-- Opening Marker --

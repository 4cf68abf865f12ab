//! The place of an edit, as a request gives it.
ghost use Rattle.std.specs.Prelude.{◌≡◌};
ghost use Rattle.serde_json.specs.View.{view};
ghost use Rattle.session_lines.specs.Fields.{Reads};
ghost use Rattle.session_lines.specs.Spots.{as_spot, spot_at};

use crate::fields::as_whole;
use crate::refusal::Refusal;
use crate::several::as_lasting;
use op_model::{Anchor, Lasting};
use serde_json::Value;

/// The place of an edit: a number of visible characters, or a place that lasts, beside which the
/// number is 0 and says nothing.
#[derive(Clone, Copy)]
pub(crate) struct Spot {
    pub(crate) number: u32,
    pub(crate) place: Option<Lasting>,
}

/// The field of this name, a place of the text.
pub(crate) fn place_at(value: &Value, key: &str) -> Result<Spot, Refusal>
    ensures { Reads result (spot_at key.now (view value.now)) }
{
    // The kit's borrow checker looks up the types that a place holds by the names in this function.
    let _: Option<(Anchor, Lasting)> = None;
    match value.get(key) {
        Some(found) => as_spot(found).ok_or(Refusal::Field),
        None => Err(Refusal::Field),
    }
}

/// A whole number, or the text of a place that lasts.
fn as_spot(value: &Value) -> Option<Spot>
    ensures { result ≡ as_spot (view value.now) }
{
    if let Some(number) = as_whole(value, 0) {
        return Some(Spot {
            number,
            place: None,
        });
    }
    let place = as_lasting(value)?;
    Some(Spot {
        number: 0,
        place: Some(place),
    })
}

-- Closing Marker --
-- Opening Marker --

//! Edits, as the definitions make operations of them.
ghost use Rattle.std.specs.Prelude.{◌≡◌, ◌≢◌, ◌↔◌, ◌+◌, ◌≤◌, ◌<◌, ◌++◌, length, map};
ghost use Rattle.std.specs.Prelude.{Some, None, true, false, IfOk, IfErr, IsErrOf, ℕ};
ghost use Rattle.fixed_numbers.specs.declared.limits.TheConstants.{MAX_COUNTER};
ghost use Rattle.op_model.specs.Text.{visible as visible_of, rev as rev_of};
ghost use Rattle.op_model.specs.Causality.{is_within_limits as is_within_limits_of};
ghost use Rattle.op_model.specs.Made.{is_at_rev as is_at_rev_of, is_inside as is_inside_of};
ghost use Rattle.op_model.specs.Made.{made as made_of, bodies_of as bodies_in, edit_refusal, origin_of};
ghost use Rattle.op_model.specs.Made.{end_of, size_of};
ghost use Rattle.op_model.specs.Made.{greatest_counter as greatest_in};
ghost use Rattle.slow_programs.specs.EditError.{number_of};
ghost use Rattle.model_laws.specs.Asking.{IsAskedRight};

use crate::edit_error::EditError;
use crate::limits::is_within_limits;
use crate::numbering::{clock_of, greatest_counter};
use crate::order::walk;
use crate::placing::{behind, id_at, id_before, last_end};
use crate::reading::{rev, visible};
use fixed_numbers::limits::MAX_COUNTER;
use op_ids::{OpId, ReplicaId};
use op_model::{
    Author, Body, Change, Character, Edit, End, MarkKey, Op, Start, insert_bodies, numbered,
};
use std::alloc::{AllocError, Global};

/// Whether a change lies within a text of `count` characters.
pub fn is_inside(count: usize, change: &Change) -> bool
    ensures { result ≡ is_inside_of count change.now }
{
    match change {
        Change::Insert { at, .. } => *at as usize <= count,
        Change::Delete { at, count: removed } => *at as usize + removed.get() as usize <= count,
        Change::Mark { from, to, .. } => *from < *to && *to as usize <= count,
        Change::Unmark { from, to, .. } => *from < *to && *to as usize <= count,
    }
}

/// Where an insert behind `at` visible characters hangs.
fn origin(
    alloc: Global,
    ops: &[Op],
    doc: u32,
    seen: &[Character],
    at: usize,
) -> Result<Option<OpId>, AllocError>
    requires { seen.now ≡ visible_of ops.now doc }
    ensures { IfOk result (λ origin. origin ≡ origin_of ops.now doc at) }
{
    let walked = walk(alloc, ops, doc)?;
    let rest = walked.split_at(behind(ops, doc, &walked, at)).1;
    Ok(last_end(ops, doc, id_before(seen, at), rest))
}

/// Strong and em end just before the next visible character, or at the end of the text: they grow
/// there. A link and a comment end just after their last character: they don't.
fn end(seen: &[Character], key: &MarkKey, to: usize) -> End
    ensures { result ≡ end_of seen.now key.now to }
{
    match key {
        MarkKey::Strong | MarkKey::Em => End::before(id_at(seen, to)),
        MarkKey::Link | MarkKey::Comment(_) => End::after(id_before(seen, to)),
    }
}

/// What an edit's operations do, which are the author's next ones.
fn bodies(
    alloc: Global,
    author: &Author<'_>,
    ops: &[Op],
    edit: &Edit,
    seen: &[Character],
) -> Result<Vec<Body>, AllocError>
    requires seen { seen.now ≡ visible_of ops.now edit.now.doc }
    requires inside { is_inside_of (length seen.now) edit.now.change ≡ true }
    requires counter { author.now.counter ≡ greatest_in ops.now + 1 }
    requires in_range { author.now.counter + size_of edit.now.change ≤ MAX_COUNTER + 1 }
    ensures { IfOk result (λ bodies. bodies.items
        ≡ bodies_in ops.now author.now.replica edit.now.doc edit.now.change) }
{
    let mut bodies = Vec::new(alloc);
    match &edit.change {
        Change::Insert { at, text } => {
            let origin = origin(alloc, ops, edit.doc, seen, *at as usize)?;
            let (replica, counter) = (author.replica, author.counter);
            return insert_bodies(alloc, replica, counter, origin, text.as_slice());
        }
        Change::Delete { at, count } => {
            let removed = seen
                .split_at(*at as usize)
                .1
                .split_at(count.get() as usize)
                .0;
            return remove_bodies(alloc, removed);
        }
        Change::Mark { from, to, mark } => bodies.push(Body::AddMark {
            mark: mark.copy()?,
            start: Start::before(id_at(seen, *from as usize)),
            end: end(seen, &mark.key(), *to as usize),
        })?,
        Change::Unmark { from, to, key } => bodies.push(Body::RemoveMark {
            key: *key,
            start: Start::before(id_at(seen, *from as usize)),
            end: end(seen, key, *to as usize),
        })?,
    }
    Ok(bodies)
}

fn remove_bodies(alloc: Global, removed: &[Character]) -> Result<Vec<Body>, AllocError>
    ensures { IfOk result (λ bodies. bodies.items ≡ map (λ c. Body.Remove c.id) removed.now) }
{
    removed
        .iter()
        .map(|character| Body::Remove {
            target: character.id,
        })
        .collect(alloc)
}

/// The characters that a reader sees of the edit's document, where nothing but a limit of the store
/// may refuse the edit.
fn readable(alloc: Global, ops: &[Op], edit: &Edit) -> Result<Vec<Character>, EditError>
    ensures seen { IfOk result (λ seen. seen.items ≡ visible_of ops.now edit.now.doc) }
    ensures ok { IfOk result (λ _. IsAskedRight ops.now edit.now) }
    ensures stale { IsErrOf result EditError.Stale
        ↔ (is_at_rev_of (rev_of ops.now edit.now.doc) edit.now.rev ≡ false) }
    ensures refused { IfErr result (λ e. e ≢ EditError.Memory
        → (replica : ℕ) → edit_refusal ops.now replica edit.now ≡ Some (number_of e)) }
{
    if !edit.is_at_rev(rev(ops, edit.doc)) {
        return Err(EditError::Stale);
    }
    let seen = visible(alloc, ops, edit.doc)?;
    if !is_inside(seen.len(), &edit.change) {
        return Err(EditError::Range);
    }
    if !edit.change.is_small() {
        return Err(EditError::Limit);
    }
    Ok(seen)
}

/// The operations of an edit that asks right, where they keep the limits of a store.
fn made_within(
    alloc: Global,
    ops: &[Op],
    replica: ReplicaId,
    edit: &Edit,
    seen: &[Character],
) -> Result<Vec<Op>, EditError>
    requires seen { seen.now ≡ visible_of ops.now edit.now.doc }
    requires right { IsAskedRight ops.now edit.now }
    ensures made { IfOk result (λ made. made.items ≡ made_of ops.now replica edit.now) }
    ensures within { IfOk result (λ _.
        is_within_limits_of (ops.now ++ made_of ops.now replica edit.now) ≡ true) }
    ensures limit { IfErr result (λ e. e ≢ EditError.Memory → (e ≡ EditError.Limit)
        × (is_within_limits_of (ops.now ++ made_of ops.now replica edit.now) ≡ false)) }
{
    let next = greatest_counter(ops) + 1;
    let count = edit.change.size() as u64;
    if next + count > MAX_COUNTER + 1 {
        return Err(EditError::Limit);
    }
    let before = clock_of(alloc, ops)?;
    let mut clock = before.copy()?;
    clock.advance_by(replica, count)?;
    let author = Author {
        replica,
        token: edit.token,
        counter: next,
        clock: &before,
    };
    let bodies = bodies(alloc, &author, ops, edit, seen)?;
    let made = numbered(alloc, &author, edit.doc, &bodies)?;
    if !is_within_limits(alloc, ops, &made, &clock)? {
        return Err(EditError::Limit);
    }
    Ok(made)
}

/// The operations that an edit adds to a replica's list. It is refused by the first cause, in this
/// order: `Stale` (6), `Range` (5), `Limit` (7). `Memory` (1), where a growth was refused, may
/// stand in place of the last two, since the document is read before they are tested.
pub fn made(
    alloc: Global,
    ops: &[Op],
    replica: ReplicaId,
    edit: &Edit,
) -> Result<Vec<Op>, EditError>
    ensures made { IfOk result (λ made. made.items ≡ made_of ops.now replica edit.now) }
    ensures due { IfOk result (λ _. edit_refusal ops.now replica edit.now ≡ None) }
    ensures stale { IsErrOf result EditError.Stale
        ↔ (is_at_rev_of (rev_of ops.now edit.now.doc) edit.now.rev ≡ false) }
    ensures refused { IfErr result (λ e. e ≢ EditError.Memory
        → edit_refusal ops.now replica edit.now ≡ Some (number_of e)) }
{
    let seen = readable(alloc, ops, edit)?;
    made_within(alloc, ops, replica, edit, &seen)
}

-- Closing Marker --
-- Opening Marker --

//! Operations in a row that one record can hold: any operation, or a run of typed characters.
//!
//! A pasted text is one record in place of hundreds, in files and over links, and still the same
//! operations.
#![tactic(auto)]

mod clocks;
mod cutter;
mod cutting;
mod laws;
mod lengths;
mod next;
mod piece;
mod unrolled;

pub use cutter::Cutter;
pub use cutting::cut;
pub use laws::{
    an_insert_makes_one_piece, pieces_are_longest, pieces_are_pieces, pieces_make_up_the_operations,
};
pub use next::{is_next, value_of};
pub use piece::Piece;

-- Closing Marker --

Copy each line of the preceding material that contains "from".

        Change::Mark { from, to, .. } => *from < *to && *to as usize <= count,
        Change::Unmark { from, to, .. } => *from < *to && *to as usize <= count,
        Change::Mark { from, to, mark } => bodies.push(Body::AddMark {
            start: Start::before(id_at(seen, *from as usize)),
        Change::Unmark { from, to, key } => bodies.push(Body::RemoveMark {
            start: Start::before(id_at(seen, *from as usize)),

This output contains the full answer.